With the rapid escalation of electromagnetic pollution and electromagnetic interference, conventional EMI shielding materials can no longer satisfy the integrated requirements of next-generation flexible electronic devices and information terminals for mechanical deformability, wearable adaptability, and real-time signal monitoring. In this work, a multifunctional PG/P@CoFe (PAM/Gly/PANI@CoFe₂O₄) composite organohydrogel sensor with synergistic electromagnetic dissipation was fabricated through a hydrothermal-assisted one-pot strategy. CoFe₂O₄ magnetic nanoparticles were first synthesized via an ethylene glycol-assisted solvothermal route. Subsequently, the surface-active sites of CoFe₂O₄ were utilized to induce aniline polymerization, yielding conductive-magnetic CoFe₂O₄ composite nanoparticles.

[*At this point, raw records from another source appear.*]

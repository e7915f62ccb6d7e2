//! The calls that look at what comes next themselves.
use crate::told::{Told, bytes, int, item, key, number, passed, raw_key, string, truth, value};
use jiter::Jiter;
use std::alloc::Global;

/// What the call of this name answers, if it is one that reads a scalar, skips or ends.
pub fn scalar(alloc: Global, jiter: &mut Jiter<'_>, call: &str) -> Option<Told> {
    Some(match call {
        "next_null" => passed(alloc, jiter.next_null()),
        "next_bool" => truth(alloc, jiter.next_bool()),
        "next_number" => number(alloc, jiter.next_number()),
        "next_int" => int(alloc, jiter.next_int()),
        "next_number_bytes" => bytes(alloc, jiter.next_number_bytes()),
        "next_str" => string(alloc, jiter.next_str(alloc)),
        "next_bytes" => bytes(alloc, jiter.next_bytes()),
        "next_skip" => passed(alloc, jiter.next_skip()),
        "finish" => passed(alloc, jiter.finish()),
        _ => return None,
    })
}

/// What the call of this name answers, if it is one that reads a value, or steps through a container.
pub fn container(alloc: Global, jiter: &mut Jiter<'_>, call: &str) -> Option<Told> {
    Some(match call {
        "next_value" => value(alloc, jiter.next_value(alloc)),
        "next_value_owned" => value(alloc, jiter.next_value_owned(alloc)),
        "next_array" => item(alloc, jiter.next_array()),
        "array_step" => item(alloc, jiter.array_step()),
        "next_object" => key(alloc, jiter.next_object(alloc)),
        "next_key" => key(alloc, jiter.next_key(alloc)),
        "next_object_bytes" => raw_key(alloc, jiter.next_object_bytes()),
        "next_key_bytes" => raw_key(alloc, jiter.next_key_bytes()),
        _ => return None,
    })
}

Mechanical characterization demonstrated that the resulting organohydrogel exhibited excellent compressive properties, while the incorporation of glycerol effectively suppressed water evaporation and enhanced water-retention capability. Electromagnetic measurements revealed that, at a PANI@CoFe₂O₄ loading of 4 wt.%, the 4 mm-thick hydrogel achieved an electrical conductivity of 0.55 ± 0.1 S/m and an average electromagnetic interference shielding effectiveness (EMI SE) of 50.27 ± 2.51 dB in the X-band. In addition, the hydrogel exhibited excellent thermal iInsulation performance. More importantly, its outstanding adhesion and rapid stimuli-responsive behavior enabled favorable human–machine interactive strain-sensing performance with good compatibility. This work provides an effective strategy for the development of integrated, robust multifunctional materials that simultaneously combine flexible sensing, electromagnetic shielding, and thermal insulation.